◆ **Aim of the task**:
Lines from the listing below that contain the string "last" are to be reported.

◆ **Records provided**:

//! What a memo remembers of a call, and where.
ghost use Rattle.std.specs.Prelude.{◌≡◌, ◌<◌};
ghost use Rattle.memo.specs.Calls.{place_of};

use stores::Call;

/// A call that was answered: the handle, and the length of the list at its end.
#[derive(Clone, Copy, Debug, PartialEq, Eq)]
pub struct Entry {
    pub(crate) call: Call,
    pub(crate) answer: usize,
    pub(crate) length: usize,
}

// The place of a call among the 64 entries, by its two numbers and the number of what it does. A fix has the bit as its
// second number; a flip and a variable have 0. The documents name these numbers, and what a program prints depends on
// them.
#[inline(always)]
#[tactic(auto, unfolding(crate::specs::Calls::place_of))]
pub(crate) fn place(call: Call) -> usize
    ensures { (result ≡ place_of call) × (result < 64) }
{
    let (first, second, number) = match call {
        Call::Variable(v) => (v, 0, 5),
        Call::Join(op, f, g) => (f, g, op as usize),
        Call::Flip(f) => (f, 0, 3),
        Call::Fix(f, bit) => (f, bit as usize, 4),
    };
    (first % 64 + 3 * (second % 64) + number) % 64
}
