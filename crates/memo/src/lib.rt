//! The memo: a store laid over any other store, which remembers the calls that it answered.
#![tactic(auto)]

mod entry;
mod memo;
mod store;

pub use entry::Entry;
pub use memo::Memo;
// what a memo remembers
pub use stores::Call;
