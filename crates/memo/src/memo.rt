//! The memo: what it holds, and how it remembers.
ghost use Rattle.std.specs.Prelude.{◌≡◌, replicate, None};
ghost use Rattle.stores.specs.Calls.{Asks};
ghost use Rattle.memo.specs.Memos.{SoundMemo, Recalled, Memoized, Forgets};
ghost use Rattle.memo.specs.Props.{SoundMemo-prop};

use crate::entry::{Entry, place};
use stores::{Call, Store, StoreFault};

/// A store over another store, which it owns. It remembers up to 64 answered calls that yielded a function, always with
/// the newest, and answers a remembered call without a call of the store below.
#[derive(Drop)]
pub struct Memo<S: Store> {
    pub(crate) below: S,
    // a table of fixed size: the memo takes no memory of its own
    pub(crate) entries: [Option<Entry>; 64],
    pub ghost sound: { SoundMemo S.Store.keeping (S.Store.meaning below) entries } by { SoundMemo-prop S.Store.keeping (S.Store.meaning below) entries },
}

impl<S: Store> Memo<S> {
    /// A memo over a store, with nothing remembered.
    pub fn new(below: S) -> Memo<S>
        ensures below { result.below ≡ below }
        ensures nothing { result.entries ≡ replicate 64 None }
    {
        // What holds of every store is told by its length.
        let _ = below.length();
        Memo {
            below,
            entries: [None; 64],
        }
    }

    /// The store below, for reading.
    pub fn below(&self) -> &S
        ensures { result.now ≡ self.now.below }
    {
        &self.below
    }

    // The answer of a call, if it is remembered.
    #[inline(always)]
    fn recall(&self, call: Call) -> Option<usize>
        ensures { Recalled self.now.entries call result }
    {
        let entry = self.entries[place(call)]?;
        (entry.call == call).then_some(entry.answer)
    }

    // Answers a call by what is remembered of it, or else by the store below, and then remembers the answer in the
    // place of what was remembered there. Inlined, as `recall` and `place`: each method names the kind of its call, so it
    // looks at that kind alone.
    #[inline(always)]
    pub(crate) fn answer(&mut self, call: Call) -> Result<usize, StoreFault>
        ensures asks { Asks S.Store.keeping (S.Store.meaning self.old.below) call result (S.Store.meaning self.new.below) }
        ensures memo { Memoized S.Store.keeping (S.Store.meaning self.old.below) call self.old.below self.old.entries result (S.Store.meaning self.new.below) self.new.below self.new.entries }
    {
        if let Some(h) = self.recall(call) {
            return Ok(h);
        }
        let h = call.ask(&mut self.below)?;
        let length = self.below.length();
        self.entries[place(call)] = Some(Entry {
            call,
            answer: h,
            length,
        });
        Ok(h)
    }
}

// Forgets each call that ended with a longer list than k. It takes the entries alone: between the cut of the list below
// and this the memo's fact does not hold.
pub(crate) fn forget(entries: &mut [Option<Entry>], k: usize)
    ensures { Forgets k entries.old entries.new }
{
    for entry in entries {
        if entry.is_some_and(|entry| entry.length > k) {
            *entry = None;
        }
    }
}
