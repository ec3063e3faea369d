//! Laws of Lisp text. A law is the contract of a function that does nothing.
ghost use Rattle.rl_text.specs.Keeping.{KeptAlongText, MakerKeeps, nothing_kept};
ghost use Rattle.rl_text.specs.Makers.{EndRelated, MakerRelations, unrelated};
ghost use Rattle.rl_text.specs.Laws.{FindsNone, FindsSpelled, PrintsData, RefusesFirst, SpellsOnce};

use std::marker::Brand;

/// A datum is found exactly where the bytes begin with a spelling of it, and what is left is what follows that spelling.
pub fn what_is_found_is_spelled()
    ensures { FindsSpelled }
{}

/// Bytes begin with a spelling of one datum, and it takes so many of them; or with none.
pub fn text_spells_once()
    ensures { SpellsOnce }
{}

/// Nothing is found exactly where nothing but blanks and comments is there.
pub fn blank_text_has_none()
    ensures { FindsNone }
{}

/// Bytes are unreadable exactly at the first of them with which no spelling goes on, or at their end inside a spelling.
pub fn unreadable_at_first_byte()
    ensures { RefusesFirst }
{}

/// Where a value in a store is a datum, what is printed of it is the text of that datum where printing ends whole, and a
/// front of that text where a turn or a level is wanting.
pub fn printing_is_of_data()
    ensures { PrintsData }
{}

/// What relates two makers, under names that grow: a caller picks it. It may rest on a number, or whatever else `Given` is.
pub trait RelatedMakers {
    ghost Given: { Type 0 };

    ghost Names: { Type 0 };

    ghost FirstState: { Type 0 };

    ghost FirstValue: { Type 0 };

    ghost FirstList: { Type 0 };

    ghost FirstWant: { Type 0 };

    ghost SecondState: { Type 0 };

    ghost SecondValue: { Type 0 };

    ghost SecondList: { Type 0 };

    ghost SecondWant: { Type 0 };

    ghost relations: { Self.Given → MakerRelations Self.Names Self.FirstState Self.FirstValue Self.FirstList Self.FirstWant Self.SecondState Self.SecondValue Self.SecondList Self.SecondWant };
}

impl RelatedMakers for Brand {
    ghost Given = { Unit {0} };

    ghost Names = { Unit {0} };

    ghost FirstState = { Unit {0} };

    ghost FirstValue = { Unit {0} };

    ghost FirstList = { Unit {0} };

    ghost FirstWant = { Unit {0} };

    ghost SecondState = { Unit {0} };

    ghost SecondValue = { Unit {0} };

    ghost SecondList = { Unit {0} };

    ghost SecondWant = { Unit {0} };

    ghost relations = { λ _. unrelated };
}

/// Two makers whose operations keep relations of their states, values and lists, under names to which each may add, end a
/// text at the same byte, in states and with values that are related under grown names; and so does each byte on the way.
pub fn related_makers_end_related<M: RelatedMakers>()
    ensures { (given : M.Given) → EndRelated (M.relations given) }
{}

/// What a maker keeps: a caller picks it. It may rest on a number, or whatever else `Given` is.
pub trait KeptMaking {
    ghost Given: { Type 0 };

    ghost State: { Type 0 };

    ghost Value: { Type 0 };

    ghost List: { Type 0 };

    ghost Want: { Type 0 };

    ghost keeps: { Self.Given → MakerKeeps Self.State Self.Value Self.List Self.Want };
}

impl KeptMaking for Brand {
    ghost Given = { Unit {0} };

    ghost State = { Unit {0} };

    ghost Value = { Unit {0} };

    ghost List = { Unit {0} };

    ghost Want = { Unit {0} };

    ghost keeps = { λ _. nothing_kept };
}

/// What each operation of a maker keeps of states, values and lists stands behind a text, behind each byte of it, and where
/// something is wanting.
pub fn what_a_maker_keeps_stands<K: KeptMaking>()
    ensures { (given : K.Given) → KeptAlongText (K.keeps given) }
{}
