//! The stack of a run: tables of calls and of what they answer.
ghost use Rattle.std.specs.Prelude.{◌≡◌, [], None, IsTrue, IfOk};
ghost use Rattle.std.specs.Option.{ForSome};
ghost use Rattle.rl_state.specs.Worlds.{IsWorld};
ghost use Rattle.rl_stack.specs.ShowsStack.{IsStackLive, IsVariable, StandsIn};
ghost use Rattle.rl_stack.specs.StackState.{MayWait};
ghost use Rattle.rl_tests.specs.Alike.{AreAlike};

use rl_io::OutOfMemory;
use rl_stack::Stack;
use rl_stack::laws::what_is_stacked_stays;
use rl_state::{deeper, open};
use rl_tags::{EMSG_STAR, NIL, Tag, Val};
use rl_tree::VarKind;
use rl_world::{Limits, World};
use std::alloc::Global;
use std::marker::Model;
use std::test::Fail;

/// A call that binds a variable, or tells of it. Each variable is one of opening.
#[derive(Clone, Copy)]
enum Call {
    /// Enters so many levels, and binds a variable, whose undoing leaves them.
    Bind(&'static [u8], i8, u32),
    /// A function begins.
    Mark,
    Assign(&'static [u8], i8),
    /// The value of a variable.
    Lookup(&'static [u8]),
    /// The value below all bindings.
    Top(&'static [u8]),
    SetTop(&'static [u8], i8),
    /// Undoes bindings and marks until there are no more than so many.
    Unbind(u64),
    Depth,
    Level,
}

/// What a call answers.
#[derive(Clone, Copy, PartialEq, Eq)]
enum Answer {
    Done,
    Value(i64),
    Nil,
    Unbound,
    Number(u64),
    TooDeep,
    /// The call may not be made.
    Barred,
}

/// What a variable has.
fn told(value: Option<Val>) -> Answer {
    match value {
        None => Answer::Unbound,
        Some(v) => {
            if v.tag() == Tag::Int {
                Answer::Value(v.number())
            } else if v == NIL {
                Answer::Nil
            } else {
                Answer::Barred
            }
        }
    }
}

/// A world and a stack. A contract sees no more than that calls may be made.
#[derive(Drop)]
struct Bench {
    world: World,
    stack: Stack,
}

impl Model for Bench {
    ghost use Rattle.rl_state.specs.Worlds.{IsWorld};
    ghost use Rattle.rl_stack.specs.ShowsStack.{IsStackLive, StandsIn};

    ghost Value = { Unit {0} };

    ghost view = { λ _. tt };

    ghost invariant = { λ a. IsWorld a.world × StandsIn a.world a.stack × IsStackLive a.world.cells.cells a.stack };
}

/// A world in opening of so many levels.
fn world_of(alloc: Global, nest: u16) -> Result<World, OutOfMemory>
    ensures world { IfOk result (λ w. IsWorld w) }
    ensures levels { IfOk result (λ w. w.levels ≡ record { bound = nest; level = 0; walk = []; aside = None }) }
{
    let limits = Limits {
        turns: 0,
        cells: 100,
        nest: u32::from(nest),
    };
    open(alloc, limits)
}

/// The variable of a name, None where it may not be bound.
fn variable(w: &World, name: &[u8]) -> Option<Val>
    requires { IsWorld w.now }
    ensures { ForSome result (λ v. IsVariable w.now.cells.cells v) }
{
    match w.syms.find(&w.cells, name) {
        Some(id) => { if id == EMSG_STAR { None } else { Some(id) } }
        None => None,
    }
}

/// Enters levels, and binds a variable within them.
fn bind_within(w: &mut World, stack: &mut Stack, id: Val, n: i8, levels: u32) -> Answer
    requires world { IsWorld w.old }
    requires stands { StandsIn w.old stack.old }
    requires live { IsStackLive w.old.cells.cells stack.old }
    requires id { IsVariable w.old.cells.cells id }
    ensures world { IsWorld w.new }
    ensures stands { StandsIn w.new stack.new }
    ensures live { IsStackLive w.new.cells.cells stack.new }
{
    match deeper(w, levels) {
        Ok(()) => {
            if stack.depth() >= 16 * u64::from(w.level()) {
                return Answer::Barred;
            }
            stack.bind(w, id, VarKind::Plain, Val::small(i64::from(n)), levels);
            Answer::Done
        }
        Err(_) => Answer::TooDeep,
    }
}

impl Bench {
    /// A world in opening of so many levels, and a stack for it.
    fn new(alloc: Global, nest: u16) -> Result<Bench, OutOfMemory> {
        what_is_stacked_stays();
        let world = world_of(alloc, nest)?;
        let stack = Stack::open(alloc, u32::from(nest))?;
        Ok(Bench { world, stack })
    }

    fn bind(&mut self, name: &[u8], n: i8, levels: u32) -> Answer {
        match variable(&self.world, name) {
            Some(id) => bind_within(&mut self.world, &mut self.stack, id, n, levels),
            None => Answer::Barred,
        }
    }

    fn mark(&mut self) -> Answer {
        if self.stack.depth() >= 16 * u64::from(self.world.level()) {
            return Answer::Barred;
        }
        self.stack.mark(&self.world, None);
        Answer::Done
    }

    fn assign(&mut self, name: &[u8], n: i8) -> Answer {
        match variable(&self.world, name) {
            Some(id) => {
                let v = Val::small(i64::from(n));
                self.stack.assign(&mut self.world, id, v);
                Answer::Done
            }
            None => Answer::Barred,
        }
    }

    fn lookup(&self, name: &[u8]) -> Answer {
        match variable(&self.world, name) {
            Some(id) => told(self.stack.lookup(&self.world, id)),
            None => Answer::Barred,
        }
    }

    fn top(&self, name: &[u8]) -> Answer {
        match variable(&self.world, name) {
            Some(id) => told(self.stack.top(&self.world, id)),
            None => Answer::Barred,
        }
    }

    fn set_top(&mut self, name: &[u8], n: i8) -> Answer {
        match variable(&self.world, name) {
            Some(id) => {
                let v = Val::small(i64::from(n));
                self.stack.set_top(&mut self.world, id, v);
                Answer::Done
            }
            None => Answer::Barred,
        }
    }

    fn unbind(&mut self, depth: u64) -> Answer {
        self.stack.unbind_to(&mut self.world, depth);
        Answer::Done
    }

    fn answer(&mut self, call: Call) -> Answer {
        match call {
            Call::Bind(name, n, levels) => self.bind(name, n, levels),
            Call::Mark => self.mark(),
            Call::Assign(name, n) => self.assign(name, n),
            Call::Lookup(name) => self.lookup(name),
            Call::Top(name) => self.top(name),
            Call::SetTop(name, n) => self.set_top(name, n),
            Call::Unbind(depth) => self.unbind(depth),
            Call::Depth => Answer::Number(self.stack.depth()),
            Call::Level => Answer::Number(u64::from(self.world.level())),
        }
    }
}
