//! Lisp text: the relation between bytes and the data that they spell, and reading, in `specs/`, with laws about them.
#![tactic(auto)]

pub mod bytes;
pub mod laws;
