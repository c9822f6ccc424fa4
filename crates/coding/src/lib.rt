// Reports as a log has them, written: eight numbers, each in groups of seven bits, into a lent buffer from any place on.
#![tactic(auto)]

ghost use Rattle.std.specs.Prelude.{◌≡◌, ◌+◌, ◌≤◌, leb, length, sum_by};
ghost use Rattle.ground.specs.Lists.{along};
ghost use Rattle.ground.specs.Lent.{Adds};
ghost use Rattle.groups.specs.Number.{code};
ghost use Rattle.coding.specs.Coding.{WritesReport};

use report::Report;

// There is no room for the whole of a report, which was to start at this place.
#[derive(Clone, Copy, PartialEq, Eq)]
pub struct NoRoom {
    pub from: usize,
}

// How many bytes a number has, 1 to 5: each has seven bits of it.
#[tactic(auto, using(crate::proofs::Lengths::one, crate::proofs::Lengths::two, crate::proofs::Lengths::three, crate::proofs::Lengths::four, crate::proofs::Lengths::five))]
fn length_of(n: u32) -> usize
    ensures value { result ≡ length (code n) }
    ensures few { (1 ≤ result) × (result ≤ 5) }
{
    match n {
        0..=0x7f => 1,
        0x80..=0x3fff => 2,
        0x4000..=0x1f_ffff => 3,
        0x20_0000..=0xfff_ffff => 4,
        _ => 5,
    }
}

// How many bytes the numbers of a report have.
fn bytes_of(values: [u32; 8]) -> usize
    ensures { result ≡ sum_by (λ n. length (code n)) values }
{
    values.iter().map(|n| length_of(*n)).sum()
}

// Whether so many bytes have room from a place of a buffer of a size on.
fn is_room(bytes: usize, from: usize, size: usize) -> bool
    ensures { result ≡ leb (from + bytes) size }
{
    from <= size && bytes <= size - from
}

// Writes a number at the front of a buffer that has room for it, and gives how many bytes it has. 200 gives C8 01.
fn put(n: u32, out: &mut [u8]) -> usize
    requires { length (code n) ≤ length out.old }
    ensures { Adds (code n) 0 out.old result out.new }
{
    let last = length_of(n) - 1;
    let mut rest = n;
    for byte in &mut out[..last] {
        *byte = 128 + (rest % 128) as u8;
        rest /= 128;
    }
    out[last] = rest as u8;
    last + 1
}

// Writes a report into a lent buffer from a place on, where there is room for the whole of it, and gives the place behind
// it; all other bytes stay. Otherwise, a start past the end among it, there is no room, and every byte stays. Any eight
// numbers are written. The report of (2,1) with mode 1, one layer, i11 = 1, i2 = 1 and the rest 0 gives
// 02 01 01 01 01 00 00 01.
pub fn write(r: Report, out: &mut [u8], from: usize) -> Result<usize, NoRoom>
    ensures { WritesReport r from out.old result out.new }
{
    let values = eight::values_of(r);
    if !is_room(bytes_of(values), from, out.len()) {
        return Err(NoRoom { from });
    }
    let mut at = from;
    for n in values {
        at += put(n, &mut out[at..]);
    }
    Ok(at)
}
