// Why a report is refused, by number.
#![tactic(auto)]

// A refusal. Its number is what C is given and what a return names. It is no enum: `masks::admit` and `plan::Record::refused`
// promise an answer for any number.
#[derive(Clone, Copy, PartialEq, Eq)]
pub struct Refusal {
    pub number: u32,
}

impl Refusal {
    pub const NO_SETTING: Refusal = Refusal { number: 1 };

    pub const NO_MODE: Refusal = Refusal { number: 2 };

    pub const MASK_LENGTH: Refusal = Refusal { number: 3 };

    pub const NO_RANK: Refusal = Refusal { number: 4 };

    pub const RANK_BARRED: Refusal = Refusal { number: 5 };

    pub const I11_RANGE: Refusal = Refusal { number: 6 };

    pub const I12_RANGE: Refusal = Refusal { number: 7 };

    pub const I13_RANGE: Refusal = Refusal { number: 8 };

    pub const I14_RANGE: Refusal = Refusal { number: 12 };

    pub const I2_RANGE: Refusal = Refusal { number: 9 };

    pub const BEAM_BARRED: Refusal = Refusal { number: 10 };

    pub const OFFSETS_UNFIT: Refusal = Refusal { number: 13 };

    pub const NO_ROOM: Refusal = Refusal { number: 11 };
}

◆ **Task output**:
    let last = length_of(n) - 1;
    for byte in &mut out[..last] {
    out[last] = rest as u8;
    last + 1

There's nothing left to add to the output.